Stored entries:
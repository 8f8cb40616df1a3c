// What ends the commands before the input does.
use std::io;
use trial::BadCommand;

#[derive(Clone, Copy)]
pub enum Failure {
    BadCommand(BadCommand),
    Unreadable,
    Unwritable(io::Error),
}

impl From<BadCommand> for Failure {
    fn from(bad: BadCommand) -> Failure {
        Failure::BadCommand(bad)
    }
}

// An error of printing.
impl From<io::Error> for Failure {
    fn from(why: io::Error) -> Failure {
        Failure::Unwritable(why)
    }
}
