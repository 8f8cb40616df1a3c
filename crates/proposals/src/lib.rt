// What a record proposes: a form, a line, a level more or a level less; and what is lent for it. Later fields of a line get their default here,
// so that a rule that has nothing to say of one never names it.
#![tactic(auto)]

pub mod derived;

ghost use Rattle.std.specs.Prelude.{◌≡◌};
ghost use Rattle.proposals.specs.Proposing.{derived_from, premise_from, blank};

use session::state::Session;

// The cells of a form, or the multipliers of a sum, and the two lists whose literals a line joins.
#[derive(Drop)]
pub struct Scratch {
    pub cells: [i32; Session::MOST_TERMS],
    pub first: [u16; Session::LONGEST_LINE],
    pub second: [u16; Session::LONGEST_LINE],
}

impl Scratch {
    pub fn new() -> Scratch
        ensures { result ≡ blank }
    {
        Scratch {
            cells: [0; Session::MOST_TERMS],
            first: [0; Session::LONGEST_LINE],
            second: [0; Session::LONGEST_LINE],
        }
    }
}

// A line is the first so many literals of one lent list joined with the first so many of the other: counts beside the scratch's arrays, as
// nothing is taken from a heap. The origin is its number in a cell, which `add_line` takes.
#[derive(Clone, Copy, PartialEq, Eq)]
pub struct NewLine {
    pub origin: u16,
    pub first: usize,
    pub second: usize,
}

impl NewLine {
    pub fn derived(first: usize, second: usize) -> NewLine
        ensures { result ≡ derived_from first second }
    {
        NewLine {
            origin: Session::DERIVED,
            first,
            second,
        }
    }

    pub fn premise(second: usize) -> NewLine
        ensures { result ≡ premise_from second }
    {
        NewLine {
            origin: Session::PREMISE,
            first: 0,
            second,
        }
    }
}

// The cells of a form, and the literals of a line, stand in the scratch.
#[derive(Clone, Copy, PartialEq, Eq)]
pub enum Proposal {
    Form,
    Line(NewLine),
    Opens,
    Withdraws,
}
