use crate::fault::{Flaw, ScriptKind};
use crate::halt::{Halt, both, holding};
use crate::receivers::Receivers;
use crate::words::{is_text, lacking, text_in, whole};
use serde_json::{Map, Value as Json};
use std::alloc::Global;
use yp_base::notice::{Kinds, Trigger};
use yp_base::txt::{Txt, text_of};
use yp_cause::cause::{Cause, Wrong};
use yp_cause::excerpt::Excerpt;
use yp_journal::command::Command;
use yp_terms::ask::{Ask, FilterAsk};
use yp_time::instant::anchor_ticks;
use yp_time::start::Start;
use yp_value::json::member;
use yp_value::payload::Payload;

/// The largest number of 32 bits.
const MOST: u64 = 4_294_967_295;

/// The objects of a line that makes a call about a subscription.
#[derive(Drop, Clone, Copy, PartialEq, Eq)]
pub enum AskPart {
    /// The whole call, where a receiver asks for a subscription.
    Establish,
    /// Where it modifies one.
    Modify,
    /// Where it makes another call about one: it names itself, and the subscription.
    Call,
    /// Where a subscription is configured.
    Configure,
    /// Where a configured one is modified.
    Reconfigure,
    /// Where one is taken away.
    Unconfigure,
    /// The terms of a periodic subscription.
    Periodic,
    /// The terms of a subscription on change.
    OnChange,
    /// What of them can be modified.
    Dampening,
}

/// Whether a call that gives a filter and a trigger may have a member of this name for one of them.
fn is_term(name: &str) -> bool
    ensures { result ≡ is_among name.now terms }
{
    name == "datastore-subtree-filter"
        || name == "datastore-xpath-filter"
        || name == "periodic"
        || name == "on-change"
}

/// Whether a part may have a member of this name.
fn may_have(part: AskPart, name: &str) -> bool
    ensures { result ≡ is_among name.now (members_of part) }
{
    match part {
        AskPart::Establish => {
            name == "by" || name == "datastore" || name == "encoding" || is_term(name)
        }
        AskPart::Modify => name == "by" || name == "id" || is_term(name),
        AskPart::Call => name == "by" || name == "id",
        AskPart::Configure => {
            name == "id"
                || name == "receivers"
                || name == "datastore"
                || name == "encoding"
                || is_term(name)
        }
        AskPart::Reconfigure => name == "id" || is_term(name),
        AskPart::Unconfigure => name == "id",
        AskPart::Periodic => name == "period" || name == "anchor-time",
        AskPart::OnChange => {
            name == "dampening-period" || name == "sync-on-start" || name == "excluded-change"
        }
        AskPart::Dampening => name == "dampening-period",
    }
}

/// Whether a part may have each of these members.
fn may_have_all(part: AskPart, members: &Map<String, Json>) -> bool
    ensures { result ≡ may_have_all part (members_view members.now.entries) }
{
    for (name, _) in members.iter() {
        if !may_have(part, name.as_str()) {
            return false;
        }
    }
    true
}

/// The first member that a part may not have.
fn first_other(alloc: Global, part: AskPart, members: &Map<String, Json>) -> Cause {
    for (name, _) in members.iter() {
        if !may_have(part, name.as_str()) {
            return Cause::unknown(alloc, name.as_str());
        }
    }
    Cause::of(Wrong::NoObject)
}

/// That a part is no object.
fn no_object(part: AskPart) -> Cause {
    match part {
        AskPart::Periodic => Cause::member("periodic", "is an object"),
        AskPart::OnChange | AskPart::Dampening => Cause::member("on-change", "is an object"),
        _ => Cause::of(Wrong::NoObject),
    }
}

/// Whether it is an object that has no members but those of a part, or what is wrong with it.
pub(crate) fn has_only(alloc: Global, part: AskPart, json: &Json) -> Result<(), Cause>
    ensures { is_ok result ≡ has_only part (view json.now) }
{
    match json {
        Json::Object(members) => {
            if may_have_all(part, members) {
                Ok(())
            } else {
                Err(first_other(alloc, part, members))
            }
        }
        _ => Err(no_object(part)),
    }
}

/// The whole number of 32 bits that a member of this name is.
fn read_number(json: &Json, name: &'static str) -> Result<u32, Halt>
    ensures { Tells result (number_said (view json.now)) }
{
    Ok(whole(json, name, 0, MOST)? as u32)
}

/// One that may not be left out.
pub(crate) fn read_number_there(json: Option<&Json>, name: &'static str) -> Result<u32, Halt>
    ensures { Tells result (number_there (option_map (λ json. view json.now) json.entry)) }
{
    match json {
        Some(json) => read_number(json, name),
        None => Err(Halt::Fault(Flaw::member(Cause::missing(name)))),
    }
}

/// The ticks from the start to the anchor of a text.
fn anchor_at(start: Option<Start>, text: &str) -> Option<i64>
    ensures read { result ≡ anchor_at start text.now }
    ensures within { IfSome result IsAnchor }
{
    match start {
        Some(start) => anchor_ticks(&start, text).ok(),
        None => None,
    }
}

/// The anchor, where one is given.
fn read_anchor(
    alloc: Global,
    start: Option<Start>,
    json: Option<&Json>,
) -> Result<Option<i64>, Halt>
    ensures read { Tells result (anchor_said start (option_map (λ json. view json.now) json.entry)) }
    ensures within { IfOk result (λ anchor. ForSome anchor IsAnchor) }
{
    match json {
        None => Ok(None),
        Some(Json::String(text)) => match anchor_at(start, text.as_str()) {
            Some(anchor) => Ok(Some(anchor)),
            None => Err(Halt::Fault(Flaw::no_instant(alloc, "anchor-time", text.as_str()))),
        },
        Some(_) => Err(Halt::Fault(Flaw::wrong("anchor-time", "is a text"))),
    }
}

/// The trigger of a periodic subscription.
fn read_periodic(alloc: Global, start: Option<Start>, json: &Json) -> Result<Trigger, Halt>
    ensures read { Tells result (periodic_said start (view json.now)) }
    ensures anchor { IfOk result (λ trigger. ForSome (anchor_of trigger) IsAnchor) }
{
    let period = read_number_there(member(json, "period"), "period");
    let anchor = read_anchor(alloc, start, member(json, "anchor-time"));
    let only = has_only(alloc, AskPart::Periodic, json);
    let (period, anchor) = holding(ScriptKind::Member, only, both(period, anchor))?;
    Ok(Trigger::Periodic { period, anchor })
}

/// The dampening period, which is 0 where none is given.
fn read_dampening(json: Option<&Json>) -> Result<u32, Halt>
    ensures { Tells result (dampening_said (option_map (λ json. view json.now) json.entry)) }
{
    match json {
        Some(json) => read_number(json, "dampening-period"),
        None => Ok(0),
    }
}

/// Whether a full update comes first, as it does where nothing is said.
fn read_sync(json: Option<&Json>) -> Result<bool, Halt>
    ensures { Tells result (sync_said (option_map (λ json. view json.now) json.entry)) }
{
    match json {
        None => Ok(true),
        Some(Json::Bool(sync)) => Ok(*sync),
        Some(_) => Err(Halt::Fault(Flaw::wrong("sync-on-start", "is `true` or `false`"))),
    }
}

/// Whether a text is among the items of an array.
fn holds(items: &[Json], word: &str) -> bool
    ensures { result ≡ holds word.now (items_view items.now) }
{
    for item in items {
        if is_text(item, word) {
            return true;
        }
    }
    false
}

/// The operations that an array names.
fn kinds_in(items: &[Json]) -> Kinds
    ensures { result ≡ kinds_in (items_view items.now) }
{
    Kinds {
        create: holds(items, "create"),
        delete: holds(items, "delete"),
        insert: holds(items, "insert"),
        moved: holds(items, "move"),
        replace: holds(items, "replace"),
    }
}

/// Whether a text is an operation.
fn is_operation(word: &str) -> bool
    ensures { result ≡ is_among word.now operations }
{
    word == "create" || word == "delete" || word == "insert" || word == "move" || word == "replace"
}

/// Whether an item is an operation that isn't among those after it.
fn is_once(item: &Json, after: &[Json]) -> bool
    ensures { result ≡ is_once (as_str (view item.now)) (items_view after.now) }
{
    match item.as_str() {
        Some(word) => is_operation(word) && !holds(after, word),
        None => false,
    }
}

/// Whether an array has operations alone, and none twice.
fn are_operations(items: &[Json]) -> bool
    ensures { result ≡ are_operations (items_view items.now) }
{
    let mut left = items;
    while let Some((first, after)) = left.split_first() {
        if !is_once(first, after) {
            return false;
        }
        left = after;
    }
    true
}

/// The operations of an array of distinct ones.
fn read_kinds(items: &[Json]) -> Result<Kinds, Halt>
    ensures { Tells result (excluded_by (items_view items.now)) }
{
    if are_operations(items) {
        Ok(kinds_in(items))
    } else {
        Err(Halt::Fault(no_operations()))
    }
}

/// That the operations that are excluded are none, or stand twice.
fn no_operations() -> Flaw
    ensures { result ≡ kinds.Member }
{
    Flaw::wrong(
        "excluded-change",
        "is an array of `create`, `delete`, `insert`, `move` and `replace`, each at most once",
    )
}

/// The operations that are excluded, none where nothing is said.
fn read_excluded(json: Option<&Json>) -> Result<Kinds, Halt>
    ensures { Tells result (excluded_said (option_map (λ json. view json.now) json.entry)) }
{
    match json {
        None => Ok(kinds_in(&[])),
        Some(Json::Array(items)) => read_kinds(items.as_slice()),
        Some(_) => Err(Halt::Fault(no_operations())),
    }
}

/// The trigger of a subscription on change, which may have the members of a part.
fn read_on_change(alloc: Global, part: AskPart, json: &Json) -> Result<Trigger, Halt>
    ensures read { Tells result (on_change_said part (view json.now)) }
    ensures anchor { IfOk result (λ trigger. ForSome (anchor_of trigger) IsAnchor) }
{
    let dampening = read_dampening(member(json, "dampening-period"));
    let sync = read_sync(member(json, "sync-on-start"));
    let excluded = read_excluded(member(json, "excluded-change"));
    let terms = both(dampening, both(sync, excluded));
    let only = has_only(alloc, part, json);
    let (dampening, (sync, excluded)) = holding(ScriptKind::Member, only, terms)?;
    Ok(Trigger::OnChange {
        dampening,
        sync,
        excluded,
    })
}

/// The trigger: just one of the two, of which one on change may have the members of a part.
pub(crate) fn read_trigger(
    alloc: Global,
    part: AskPart,
    start: Option<Start>,
    json: &Json,
) -> Result<Trigger, Halt>
    ensures read { Tells result (trigger_said part start (view json.now)) }
    ensures anchor { IfOk result (λ trigger. ForSome (anchor_of trigger) IsAnchor) }
{
    match member(json, "periodic") {
        Some(periodic) => match member(json, "on-change") {
            Some(_) => Err(Halt::Fault(Flaw::member(Cause::of(Wrong::TwoTriggers)))),
            None => read_periodic(alloc, start, periodic),
        },
        None => match member(json, "on-change") {
            Some(on_change) => read_on_change(alloc, part, on_change),
            None => Err(Halt::Fault(Flaw::member(Cause::of(Wrong::NoTrigger)))),
        },
    }
}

Problem to solve: The answer should contain only the lines from the first line of the entries through the line holding "error of printing.", each exactly as written.

Solution for this exercise:
repository 8f8cb40616df1a3c
// What ends the commands before the input does.
use std::io;
use trial::BadCommand;

#[derive(Clone, Copy)]
pub enum Failure {
    BadCommand(BadCommand),
    Unreadable,
    Unwritable(io::Error),
}

impl From<BadCommand> for Failure {
    fn from(bad: BadCommand) -> Failure {
        Failure::BadCommand(bad)
    }
}

// An error of printing.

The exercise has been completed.